Sunday, April 7, 2013

Time-traveling Royalty

Dear Death,

I'm writing this in bed.
If you ask why, it's because I can't do it anywhere else. The night is my only freedom. In the morning Sarah (my maid) comes and watches over me while I dress and eat with her help. As if I couldn't do that by myself. From her on, I'm passed from a thousand hands that teach me how to speak, write, walk and curtsy, and a million other abominable things that I wish I could throw down into the moat through the highest window. Except that I'm not even allowed to the second highest tower without my mothers say so. Well, my *adopted* mother, anyways. I don't even belong here. I'm not related to the royal family in any way. Nobody knows that except them and I, though. The servants and the populace have absolutely no idea. Well, I can see why. I do sort-of look like mother, with the brown hair. You wouldn't know unless you examined our blood. Besides, I've been here since I was a baby. When the real princess died at birth, they simply covered it up with my sudden appearance. I hardly remember anything about my previous family or life, but I know at least one thing. I have a secret that not even the royal family knows about.

I'm not from this time.

I'm from the future.

It took me a while to figure it out. When you travel back to the past, your time reverses ten years for every century. I don't know how old I was when I was sent, but it was a close call. Any further back, and I would've disappeared. By the way, if you travel to the future, it's almost the same thing, except the opposite. You age ten years for every century forward you go. If you get back to your time somehow, then your age snaps back to what it originally was. Since your age reverses when you go back to the past, your brain also changes. I had forgotten all about my previous existence. When I finally got older that I could start thinking for myself, my memories started returning. At first I was confused at what they were, but when I saw the insignia on my chest and put the pieces together, it all made sense. That insignia has the pattern of the falcon representing the time society from my time. They put an insignia on you so that other time travelers can recognize you, and also so that they can pull you back if you are causing trouble. I don't know if or when they are going to pull me back. I still can't remember why I'm here, pretending to be a princess that's already died. Whenever I think on this, I get extremely scared. All the people I've grown up with could disappear in a single moment, and I would never see them again. But there's something even more terrifying than that. I don't know why I'm here. It's not chance that I was put in such an important position as a part of a royal family. But I still can't remember what my mission is. If I fail that mission without knowing what it was, what could happen?

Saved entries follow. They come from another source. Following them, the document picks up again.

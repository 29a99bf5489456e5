//! The five programs, over any input and output.

ghost use Rattle.std.specs.Prelude.{◌≡◌, ◌≤◌, ◌^◌, ◌↔◌, [], IfSome, IsSome, None, false};
ghost use Rattle.shell_options.specs.Settings.{MayOpen};
ghost use Rattle.bwtree.specs.Runs.{HasRunProgram, IsProgramRun};

use bw_model::Limits;
use bw_shell::{script, weave};
use byte_streams::{Input, Output};
use drawing::draw;
use filming::film;
use race::race;
use shell_options::{Program, Settings};
use std::alloc::Global;
use std::sync::Wait;
use std::thread::Threads;

/// Runs the program that the settings name, on a tree of their limits, and answers the status: 0 where it did all that it was asked, else 1.
/// None where the limits aren't allowed, and then nothing is read or written. A race's threads are those of `threads`.
pub(crate) fn run_settings<R: Threads + Wait + Sync, I: Input, O: Output>(
    threads: &R,
    alloc: Global,
    settings: Settings,
    input: &mut I,
    out: &mut O,
) -> Option<u8>
    requires sound_in { I.failed input.old ≡ false }
    requires bounded { I.reads_left input.old ≤ 2 ^ 31 }
    requires sound_out { (O.state out.old).failed ≡ false }
    requires fresh { (O.state out.old).held ≡ [] }
    ensures some { IsSome result ↔ MayOpen settings }
    ensures runs { IfSome result (HasRunProgram settings (I.remaining input.old) (I.remaining input.new) (I.failed input.new)
        (O.state out.old).contents (O.state out.new).contents (O.state out.new).failed) }
    ensures none { result ≡ None → (I.remaining input.new ≡ I.remaining input.old) × (O.state out.new ≡ O.state out.old) }
{
    let Ok(limits) = settings.limits() else {
        return None;
    };
    let program = settings.program;
    Some(run_over(threads, alloc, program, limits, input, out))
}

/// Runs a program on a tree of these limits, and answers the status: 0 where it did all that it was asked, else 1. A race's threads are
/// those of `threads`.
fn run_over<R: Threads + Wait + Sync, I: Input, O: Output>(
    threads: &R,
    alloc: Global,
    program: Program,
    limits: Limits,
    input: &mut I,
    out: &mut O,
) -> u8
    requires sound_in { I.failed input.old ≡ false }
    requires bounded { I.reads_left input.old ≤ 2 ^ 31 }
    requires sound_out { (O.state out.old).failed ≡ false }
    requires fresh { (O.state out.old).held ≡ [] }
    ensures { IsProgramRun program limits (I.remaining input.old) (I.remaining input.new) (I.failed input.new)
        (O.state out.old).contents (O.state out.new).contents (O.state out.new).failed result }
{
    match program {
        Program::Script => script(alloc, limits, input, out),
        Program::Weave => weave(alloc, limits, input, out),
        Program::Draw => draw(alloc, limits, input, out),
        Program::Film => film(alloc, limits, input, out),
        Program::Race => race(threads, alloc, limits, input, out),
    }
}
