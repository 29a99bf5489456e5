//! What tests ask of a page by hand.
ghost use Rattle.std.specs.Prelude.{◌≡◌, ◌≤◌, ◌∷◌, [], IsTrue, false, length};
ghost use Rattle.deltas.specs.declared.record.Record.TheVariants.{Base};
ghost use Rattle.traces.specs.chain.Chains.{covers, is_removed, level_in, low_in};
ghost use Rattle.traces.specs.chain.Fitted.{IsPageChain};

use crate::built::Held;
use crate::built::shelf::{HeldRows, Shelf};
use base_page::Page;
use bw_model::Key;
use row_search::KeyWords;
use std::process::Abort;

/// The lowest key that the page may have.
pub(crate) fn low<R: Abort + AllocGlobal>(rt: &R, page: &Held) -> Key
    ensures { result ≡ low_in page.now.chain }
{
    let mut shelf = Shelf::of_one(page);
    let read = shelf.read(rt, page);
    read.page.chain().low(&HeldRows::new(), &mut shelf)
}

/// Whether the page is a leaf that may have the key, with fewer than twelve deltas.
pub(crate) fn takes_delete<R: Abort + AllocGlobal>(rt: &R, page: &Held, key: &Key) -> bool
    ensures { IsTrue result → (level_in page.now.chain ≡ 0) × IsTrue (covers page.now.chain key.now) × (length page.now.chain ≤ 12) }
{
    let mut shelf = Shelf::of_one(page);
    let read = shelf.read(rt, page);
    let rows = HeldRows::new();
    let chain = read.page.chain();
    chain.was_read(&rows, &shelf);
    if chain.level() != 0 || chain.deltas() >= 12 {
        return false;
    }
    chain.covers(&rows, &mut shelf, &KeyWords::of(key))
}

/// The base that has what the page has.
pub(crate) fn consolidated<R: Abort + AllocGlobal>(rt: &R, page: &Held) -> Page
    requires alive { is_removed page.now.chain ≡ false }
    ensures alive { result.removed ≡ false }
    ensures stands { IsPageChain (Base result ∷ []) }
{
    let mut shelf = Shelf::of_one(page);
    let read = shelf.read(rt, page);
    let mut base = Page::empty_leaf();
    read.page
        .chain()
        .consolidated(&HeldRows::new(), &mut shelf, &mut base);
    base
}
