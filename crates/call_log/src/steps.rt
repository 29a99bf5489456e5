//! Steps on the words of a log's table: each is one atomic operation, and writes into the log or sees it.
ghost use Rattle.std.specs.Prelude.{◌≡◌, ◌<◌, [], ℕ, IfSome, length, replicate};
ghost use Rattle.call_log.specs.Logs.{WritesAs};
ghost use Rattle.call_log.specs.Rule.{all_of};
ghost use Rattle.call_log.specs.Steps.{CanClose, CanEmpty, CanEnd, CanLeave, EndsSo, HasClosed, HasEmptied, HasLeft, HasLooked, HasSeen, HasTried, one, others};

use crate::rule::{
    Beginning, Closing, Course, Emptying, Ending, Hand, Leaving, Log, LogTable, Looking, Parting,
    Recalling,
};
use atomic_table::Table;
use std::alloc::Global;
use std::snapshot::Snapshot;

/// The word of a slot in which something is.
pub const HOME: u64 = 0;

/// The word of a slot that is out.
pub const OUT: u64 = 1;

/// The word of a slot that is out for good.
pub const GONE: u64 = 2;

/// A table with these slots, and the seat that has all authors, if there is memory for it.
pub fn opened<S: Drop, P: Course<S>>(
    alloc: Global,
    slots: Vec<S>,
) -> Option<(LogTable<S, P>, Hand<S>)>
    ensures table { IfSome result (λ made. made.1.table_id ≡ made.0.shared.table_id) }
    ensures long { IfSome result (λ made. made.0.shared.table_id.words ≡ length slots.items) }
    ensures key { IfSome result (λ made. made.0.shared.key.value.items ≡ slots.items) }
    ensures hand { IfSome result (λ made. made.1.me ≡ (all_of slots.items, [])) }
{
    let about = Snapshot::of(&slots);
    let words = zeros(alloc, slots.len())?;
    match Table::new(alloc, words.as_slice(), slots, &about) {
        Ok(made) => Some(made),
        Err(_) => None,
    }
}

/// So many zeros.
fn zeros(alloc: Global, count: usize) -> Option<Vec<u64>>
    ensures { IfSome result (λ words. words.items ≡ replicate count 0) }
{
    let mut words = Vec::with_capacity(alloc, count).ok()?;
    while words.len() < count {
        words.push(HOME).ok()?;
    }
    Some(words)
}

/// Tries to take out what is in a slot, and tells its word: `HOME` where the seat has it now; `OUT` where somebody has it; `GONE` where it is out for good.
pub fn begun<S, P: Course<S>>(log: &Log<S, P>, hand: &mut Hand<S>, slot: usize) -> u64
    requires table { hand.old.table_id ≡ log.now.table_id }
    requires word { slot < log.now.table_id.words }
    requires there { slot < length log.now.key.value.items }
    requires may { (author : ℕ) × WritesAs hand.old.me.0.authors author }
    ensures same { hand.new.table_id ≡ hand.old.table_id }
    ensures tried { HasTried P.ends slot result hand.old.me hand.new.me }
{
    log.compare_exchange::<Beginning<S, P>>(hand, slot, HOME, OUT)
}

/// Puts back the slot that was taken last, with what is in it now.
pub fn ended<S, P: Course<S>>(log: &Log<S, P>, hand: &mut Hand<S>, slot: usize)
    requires table { hand.old.table_id ≡ log.now.table_id }
    requires word { slot < log.now.table_id.words }
    requires there { slot < length log.now.key.value.items }
    requires can { CanEnd P.ends slot hand.old.me }
    ensures same { hand.new.table_id ≡ hand.old.table_id }
    ensures ended { EndsSo P.ends slot hand.old.me hand.new.me }
{
    log.store::<Ending<S, P>>(hand, slot, HOME);
}

/// Closes the table: all slots are out with this seat, for good.
pub fn closed<S, P: Course<S>>(log: &Log<S, P>, hand: &mut Hand<S>)
    requires table { hand.old.table_id ≡ log.now.table_id }
    requires word { 0 < log.now.table_id.words }
    requires can { CanClose hand.old.me }
    ensures same { hand.new.table_id ≡ hand.old.table_id }
    ensures closed { HasClosed P.ends hand.old.me hand.new.me }
{
    log.load::<Closing<S, P>>(hand, 0);
}

/// Leaves the slot that was taken last for good; the table is closed.
pub fn left<S, P: Course<S>>(log: &Log<S, P>, hand: &mut Hand<S>, slot: usize)
    requires table { hand.old.table_id ≡ log.now.table_id }
    requires word { slot < log.now.table_id.words }
    requires there { slot < length log.now.key.value.items }
    requires can { CanLeave slot hand.old.me }
    ensures same { hand.new.table_id ≡ hand.old.table_id }
    ensures left { HasLeft P.ends hand.old.me hand.new.me }
{
    log.store::<Leaving<S, P>>(hand, slot, GONE);
}

/// Leaves the last slot for good: nothing waits any more.
pub fn emptied<S, P: Course<S>>(log: &Log<S, P>, hand: &mut Hand<S>, slot: usize)
    requires table { hand.old.table_id ≡ log.now.table_id }
    requires word { slot < log.now.table_id.words }
    requires can { CanEmpty slot hand.old.me }
    ensures same { hand.new.table_id ≡ hand.old.table_id }
    ensures emptied { HasEmptied P.ends hand.old.me hand.new.me }
{
    log.store::<Emptying<S, P>>(hand, slot, GONE);
}

/// Looks at the log.
pub fn recalled<S, P: Course<S>>(log: &Log<S, P>, hand: &mut Hand<S>, slot: usize)
    requires table { hand.old.table_id ≡ log.now.table_id }
    requires word { slot < log.now.table_id.words }
    ensures same { hand.new.table_id ≡ hand.old.table_id }
    ensures recalled { HasSeen P.ends hand.old.me.1 hand.old.me.0 hand.new.me }
{
    log.load::<Recalling<S, P>>(hand, slot);
}

/// Looks at the log with no seat: the new one has no author.
pub fn looked<S, P: Course<S>>(log: &Log<S, P>) -> Hand<S>
    requires word { 0 < log.now.table_id.words }
    ensures table { result.table_id ≡ log.now.table_id }
    ensures looked { HasLooked P.ends log.now.key.value.items result.me }
{
    let (_, hand) = log.load_new_seat::<Looking<S, P>>(0);
    hand
}

/// A seat that has seen the same, with the first of the authors; the other ones stay.
pub fn parted<S, P: Course<S>>(log: &Log<S, P>, hand: &mut Hand<S>) -> Hand<S>
    requires table { hand.old.table_id ≡ log.now.table_id }
    requires word { 0 < log.now.table_id.words }
    ensures same { hand.new.table_id ≡ hand.old.table_id }
    ensures table { result.table_id ≡ hand.old.table_id }
    ensures others { hand.new.me ≡ (others hand.old.me.0, hand.old.me.1) }
    ensures one { result.me ≡ (one hand.old.me.0, []) }
{
    log.split_seat::<Parting>(hand)
}
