//! Plans over pages by hand.
ghost use Rattle.std.specs.Prelude.{◌≡◌, ◌∷◌, [], ℕ, IfSome, false};
ghost use Rattle.deltas.specs.Spellable.{IsPid};
ghost use Rattle.deltas.specs.declared.record.Record.TheVariants as kind;
ghost use Rattle.traces.specs.chain.Fitted.{IsPageChain};
ghost use Rattle.traces.specs.discipline.Discipline.{FitsOn};
ghost use Rattle.structure_changes.specs.Splits.{split_to};

use crate::built::Held;
use crate::built::shelf::{HeldRows, Shelf};
use base_page::Page;
use deltas::{Hold, Merge, Remove, Term, Unterm};
use std::process::Abort;
use structure_changes::{
    SplitPlan, plan_hold, plan_merge, plan_remove, plan_root, plan_split, plan_term, plan_unterm,
};

/// The split of the page.
pub(crate) fn split<R: Abort + AllocGlobal>(rt: &R, page: &Held) -> Option<SplitPlan>
    ensures { IfSome result (λ plan. (right : ℕ) → IsPid right → FitsOn page.now.chain (kind.Split (split_to plan right))) }
{
    let mut shelf = Shelf::of_one(page);
    let read = shelf.read(rt, page);
    plan_split(&read.page, &HeldRows::new(), &mut shelf)
}

/// The term of the page in its parent.
pub(crate) fn term<R: Abort + AllocGlobal>(rt: &R, parent: &Held, page: &Held) -> Option<Term>
    ensures { IfSome result (λ made. FitsOn parent.now.chain (kind.Term made)) }
{
    let mut shelf = Shelf::of_two(parent, page).expect(rt, "rows of their own");
    let (one, other) = (shelf.read(rt, parent), shelf.read(rt, page));
    plan_term(&one.page, &other.page, &HeldRows::new(), &mut shelf)
}

/// The root over the page and its right.
pub(crate) fn root<R: Abort + AllocGlobal>(rt: &R, left: &Held, right: &Held) -> Option<Page>
    ensures { IfSome result (λ made. IsPageChain (kind.Base made ∷ []) × (made.removed ≡ false)) }
{
    let mut shelf = Shelf::of_two(left, right).expect(rt, "rows of their own");
    let (one, other) = (shelf.read(rt, left), shelf.read(rt, right));
    plan_root(&one.page, &other.page, &HeldRows::new(), &mut shelf)
}

/// The hold of the page's term.
pub(crate) fn hold<R: Abort + AllocGlobal>(rt: &R, parent: &Held, page: &Held) -> Option<Hold>
    ensures { IfSome result (λ made. FitsOn parent.now.chain (kind.Hold made)) }
{
    let mut shelf = Shelf::of_two(parent, page).expect(rt, "rows of their own");
    let (one, other) = (shelf.read(rt, parent), shelf.read(rt, page));
    plan_hold(&one.page, &other.page, &HeldRows::new(), &mut shelf)
}

/// The removal of the page.
pub(crate) fn remove<R: Abort + AllocGlobal>(rt: &R, parent: &Held, page: &Held) -> Option<Remove>
    ensures { IfSome result (λ made. FitsOn page.now.chain (kind.Remove made)) }
{
    let mut shelf = Shelf::of_two(parent, page).expect(rt, "rows of their own");
    let (one, other) = (shelf.read(rt, parent), shelf.read(rt, page));
    plan_remove(&one.page, &other.page, &HeldRows::new(), &mut shelf)
}

/// The merge of the removed page into the left one.
pub(crate) fn merge<R: Abort + AllocGlobal>(rt: &R, left: &Held, removed: &Held) -> Option<Merge>
    ensures { IfSome result (λ made. FitsOn left.now.chain (kind.Merge made)) }
{
    let mut shelf = Shelf::of_two(left, removed).expect(rt, "rows of their own");
    let (one, other) = (shelf.read(rt, left), shelf.read(rt, removed));
    plan_merge(&one.page, &other.page, &HeldRows::new(), &mut shelf)
}

/// The merge of the page into itself.
pub(crate) fn merge_into_itself<R: Abort + AllocGlobal>(rt: &R, page: &Held) -> Option<Merge> {
    let mut shelf = Shelf::of_one(page);
    let read = shelf.read(rt, page);
    plan_merge(&read.page, &read.page, &HeldRows::new(), &mut shelf)
}

/// The end of the removed page's term.
pub(crate) fn unterm<R: Abort + AllocGlobal>(
    rt: &R,
    parent: &Held,
    left: &Held,
    removed: &Held,
) -> Option<Unterm> {
    let mut shelf = Shelf::of_three(parent, left, removed).expect(rt, "rows of their own");
    let above = shelf.read(rt, parent);
    let (one, other) = (shelf.read(rt, left), shelf.read(rt, removed));
    plan_unterm(
        &above.page,
        &one.page,
        &other.page,
        &HeldRows::new(),
        &mut shelf,
    )
}

/// The end of the page's term beside the page itself.
pub(crate) fn unterm_beside_itself<R: Abort + AllocGlobal>(
    rt: &R,
    parent: &Held,
    page: &Held,
) -> Option<Unterm> {
    let mut shelf = Shelf::of_two(parent, page).expect(rt, "rows of their own");
    let (above, read) = (shelf.read(rt, parent), shelf.read(rt, page));
    plan_unterm(
        &above.page,
        &read.page,
        &read.page,
        &HeldRows::new(),
        &mut shelf,
    )
}
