//! All bytes of an input.

ghost use Rattle.std.specs.Prelude.{◌≡◌, ℕ, List, false, IfOk, IfErr};
ghost use Rattle.std.specs.Io.KnownBytes.{Consumes, IsAtEnd};

use byte_streams::Input;
use std::alloc::{AllocError, Global};

/// How many bytes one read takes at most.
const PIECE: usize = 4096;

/// Reads to the end of the input, or as far as it goes.
pub fn read_all<I: Input>(alloc: Global, input: &mut I) -> Result<Vec<u8>, AllocError>
    requires sound { I.failed input.old ≡ false }
    ensures taken { (taken : List ℕ) × Consumes (I.remaining input.old) (I.remaining input.new) taken × IfOk result (λ bytes. bytes.items ≡ taken) }
    ensures ended { IfOk result (λ _. I.failed input.new ≡ false → IsAtEnd (I.remaining input.new)) }
    ensures unfailed { IfErr result (λ _. I.failed input.new ≡ false) }
{
    let mut bytes = Vec::new(alloc);
    let mut piece = [0u8; PIECE];
    'reads: loop {
        match input.read(&mut piece) {
            Err(_) => break,
            Ok(n) => {
                if n == 0 {
                    break;
                }
                if bytes.extend_from_slice(piece.split_at(n).0).is_err() {
                    return Err(AllocError);
                }
            }
        }
    }
    Ok(bytes)
}
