//! The program `bwtree`: the words of a command line in, an exit status out.
//!
//! Look first at `run_settings` (programs.rt): what the settings name is run, on a tree of exactly their limits, over any input and
//! output. `main` hands it standard input and standard output, which is seen by reading, by a stored run and by checks/statuses.
//!
//! Called by who starts it, and by the script `./bwtree`, which builds it first. It chooses what to run, and runs nothing itself: that is
//! `bw_shell`, `drawing`, `filming` or `race`.
#![tactic(auto)]

mod command_line;
mod programs;

use command_line::run;
use std::process::ExitCode;

fn main(rt: HostRuntime) -> ExitCode {
    run(&rt, &rt)
}
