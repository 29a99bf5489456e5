//! A whole race.

ghost use Rattle.std.specs.Prelude.{◌≡◌, [], false, ℕ, List};
ghost use Rattle.byte_streams.specs.Output.{Prints};
ghost use Rattle.running_tree.specs.Trees.{AreSeatsOf};
ghost use Rattle.workers.specs.Jobs.{AreAscending};
ghost use Rattle.race.specs.Race.{Closes, IsRace, RunsBytes, RunsJobs, told_as};

use crate::jobs::jobs_of;
use crate::lines::look;
use crate::printed::show_results;
use crate::taken::read_all;
use bw_model::Limits;
use bw_shell::{Refusal, show_listing, show_lone_refusal, show_refused, status};
use byte_streams::{Input, Output, outputs_add_up};
use running_tree::{BwSeat, Tree};
use std::alloc::Global;
use std::sync::Wait;
use std::thread::Threads;
use workers::{Job, JobResult, JobsRefusal, Ungated, opened, run_jobs};

/// Prints results, closes the tree and prints its pairs. Answers whether it could not be closed.
fn close<O: Output>(
    alloc: Global,
    tree: Tree,
    seats: Vec<BwSeat>,
    results: &[JobResult],
    out: &mut O,
) -> bool
    requires own { AreSeatsOf tree seats.items }
    ensures { (text : List ℕ) × Closes tree.limits results.now seats.items text result × Prints (O.state out.old) (O.state out.new) text }
{
    outputs_add_up();
    show_results(out, results);
    match tree.close(alloc, seats) {
        Ok(pairs) => {
            show_listing(out, pairs.as_slice());
            false
        }
        Err(_) => {
            show_lone_refusal(out, Refusal::NotClosed);
            true
        }
    }
}

// How the program tells why jobs were refused.
fn refusal_of(why: JobsRefusal) -> Refusal
    ensures { result ≡ told_as why }
{
    match why {
        JobsRefusal::NotRun => Refusal::NotRun,
        JobsRefusal::Results => Refusal::WrongResults,
    }
}

/// Runs jobs on a fresh tree, and prints what comes of them. Answers whether that was a refusal.
fn run<R: Threads + Wait + Sync, O: Output>(
    rt: &R,
    alloc: Global,
    limits: Limits,
    jobs: Vec<Job>,
    out: &mut O,
) -> bool
    requires { AreAscending jobs.items }
    ensures { (text : List ℕ) × RunsJobs limits jobs.items text result × Prints (O.state out.old) (O.state out.new) text }
{
    let Ok((tree, seats)) = opened(alloc, limits) else {
        show_lone_refusal(out, Refusal::NotOpened);
        return true;
    };
    match run_jobs(rt, alloc, &tree, seats, jobs, &Ungated) {
        Ok((results, seats)) => close(alloc, tree, seats, results.as_slice(), out),
        Err(error) => {
            show_lone_refusal(out, refusal_of(error.refusal));
            true
        }
    }
}

/// Runs the jobs that lines ask for, if the input has ended and no line is refused. Answers whether something was refused.
fn run_lines<R: Threads + Wait + Sync, O: Output>(
    rt: &R,
    alloc: Global,
    limits: Limits,
    bytes: &[u8],
    ended: bool,
    out: &mut O,
) -> bool
    ensures { (text : List ℕ) × RunsBytes limits bytes.now ended text result × Prints (O.state out.old) (O.state out.new) text }
{
    outputs_add_up();
    let asked = match look(alloc, bytes, ended) {
        Ok(asked) => asked,
        Err(line) => {
            show_refused(out, line);
            return true;
        }
    };
    if !ended {
        return false;
    }
    let Ok(jobs) = jobs_of(alloc, asked) else {
        show_lone_refusal(out, Refusal::Memory);
        return true;
    };
    run(rt, alloc, limits, jobs, out)
}

/// Reads all lines, runs the jobs that they ask for on a tree of these limits, with a thread for each actor, and writes their replies
/// in order of the jobs, and then the tree's pairs. Answers the status: 0 where no read or write failed and nothing was refused, else 1.
pub fn race<R: Threads + Wait + Sync, I: Input, O: Output>(
    rt: &R,
    alloc: Global,
    limits: Limits,
    input: &mut I,
    out: &mut O,
) -> u8
    requires sound_in { I.failed input.old ≡ false }
    requires sound_out { (O.state out.old).failed ≡ false }
    requires fresh { (O.state out.old).held ≡ [] }
    ensures { IsRace limits (I.remaining input.old) (I.remaining input.new) (I.failed input.new)
        (O.state out.old).contents (O.state out.new).contents (O.state out.new).failed result }
{
    outputs_add_up();
    let refused = match read_all(alloc, input) {
        Ok(bytes) => run_lines(
            rt,
            alloc,
            limits,
            bytes.as_slice(),
            !input.has_failed(),
            out,
        ),
        Err(_) => {
            show_lone_refusal(out, Refusal::Memory);
            true
        }
    };
    out.finish();
    status(refused, input.has_failed(), out.has_failed())
}
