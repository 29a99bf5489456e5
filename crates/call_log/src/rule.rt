//! The rule of a log's table.
use crate::log::Knows;
use atomic_table::{Play, Seat, Shared, Split, Table, TableRule};
use std::alloc::Global;
use std::marker::PhantomData;
use std::snapshot::Snapshot;

/// What may be put back into a slot.
pub trait Course<S> {
    ghost use Rattle.std.specs.Prelude.{ℕ, List};
    ghost use Rattle.call_log.specs.declared.log.Event.{Event};

    ghost ends: { List S → List (Event S) → ℕ → S → S → Type 0 };
}

/// The rule of a log of slots in which so much may be put back.
pub struct Rule<S, P> {
    of: PhantomData<(S, P)>,
}

impl<S, P: Course<S>> TableRule<S, Knows<S>, Snapshot<Vec<S>>> for Rule<S, P> {
    ghost use Rattle.call_log.specs.Rule.{Holds, all_of};

    ghost holds = { λ slots. Holds P.ends slots.value.items };

    ghost first = { λ slots. all_of slots.value.items };
}

/// A log's table, with its memory.
pub type LogTable<S, P> = Table<S, Knows<S>, Snapshot<Vec<S>>, Rule<S, P>, Global>;

/// A log's table, as threads share it.
pub type Log<S, P> = Shared<S, Knows<S>, Snapshot<Vec<S>>, Rule<S, P>>;

/// A seat of such a table. It takes no memory.
pub type Hand<S> = Seat<S, Knows<S>>;

/// A slot may be taken out.
pub(crate) struct Beginning<S, P> {
    of: PhantomData<(S, P)>,
}

impl<S, P: Course<S>> Play<S, Knows<S>> for Beginning<S, P> {
    ghost use Rattle.call_log.specs.Steps.{HasTried};

    ghost then = { λ made me found me'. HasTried P.ends made.word found me me' };
}

/// A slot is put back.
pub(crate) struct Ending<S, P> {
    of: PhantomData<(S, P)>,
}

impl<S, P: Course<S>> Play<S, Knows<S>> for Ending<S, P> {
    ghost use Rattle.call_log.specs.Steps.{EndsSo};

    ghost then = { λ made me found me'. EndsSo P.ends made.word me me' };
}

/// All slots are out for good.
pub(crate) struct Closing<S, P> {
    of: PhantomData<(S, P)>,
}

impl<S, P: Course<S>> Play<S, Knows<S>> for Closing<S, P> {
    ghost use Rattle.call_log.specs.Steps.{HasClosed};

    ghost then = { λ made me found me'. HasClosed P.ends me me' };
}

/// A slot is left for good.
pub(crate) struct Leaving<S, P> {
    of: PhantomData<(S, P)>,
}

impl<S, P: Course<S>> Play<S, Knows<S>> for Leaving<S, P> {
    ghost use Rattle.call_log.specs.Steps.{HasLeft};

    ghost then = { λ made me found me'. HasLeft P.ends me me' };
}

/// The last slot is left for good, and nothing waits any more.
pub(crate) struct Emptying<S, P> {
    of: PhantomData<(S, P)>,
}

impl<S, P: Course<S>> Play<S, Knows<S>> for Emptying<S, P> {
    ghost use Rattle.call_log.specs.Steps.{HasEmptied};

    ghost then = { λ made me found me'. HasEmptied P.ends me me' };
}

/// The log is looked at.
pub(crate) struct Looking<S, P> {
    of: PhantomData<(S, P)>,
}

impl<S, P: Course<S>> Play<S, Knows<S>> for Looking<S, P> {
    ghost use Rattle.call_log.specs.Steps.{Looks};

    ghost then = { λ made. Looks P.ends };
}

/// The log is looked at by a seat.
pub(crate) struct Recalling<S, P> {
    of: PhantomData<(S, P)>,
}

impl<S, P: Course<S>> Play<S, Knows<S>> for Recalling<S, P> {
    ghost use Rattle.call_log.specs.Steps.{HasSeen};

    ghost then = { λ made me found me'. HasSeen P.ends me.1 me.0 me' };
}

/// A seat with the first author is split off.
pub(crate) struct Parting;

impl<S> Split<Knows<S>> for Parting {
    ghost use Rattle.call_log.specs.Steps.{one, others};

    ghost left = { others };

    ghost right = { one };
}
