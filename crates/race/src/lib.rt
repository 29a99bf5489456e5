//! The program `race`: the jobs that lines ask for, run on threads over one tree.
//!
//! Look first at `race` (run.rt).
//!
//! All lines are read and looked at before a job starts. The replies are printed by job, and then the pairs of the closed tree.
//!
//! Called by `bwtree`. It makes no thread itself and takes no step: `workers` runs its jobs, `shell_lines` reads its lines.
#![tactic(auto)]

mod jobs;
mod lines;
mod printed;
mod run;
mod taken;

pub use run::race;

War is approaching. Already, I'm seeing the signs of death roaming in the shadow of our country. Since I don't know what my mission is, I might have to try something reckless. If I can't remember what it was that I am supposed to do in time, then I will have to go back to my time to figure it out. I've searched books and my memory to remember how to get back. If I can find out what my mission is, and be able to come back, then there is a better chance of my succeeding. I'm only worried about one thing. I was a baby when I arrived in this time. I'm not sure what time I am from. Or original age. If I happened to be 90 years old, it would mean that I had gone 9 centuries back into the past. I'm already 18 in this time spell. If I go forwards 9 centuries, I will already be dead by the time I get there. Death is faster approaching then snapping back. So, Death, I have a favor to ask of you. Please don't come. Please let me get back to my time and back safely enough so I have even the sliver of a chance to save this time space. Please guide me so I am able to save the people I love. I beg you.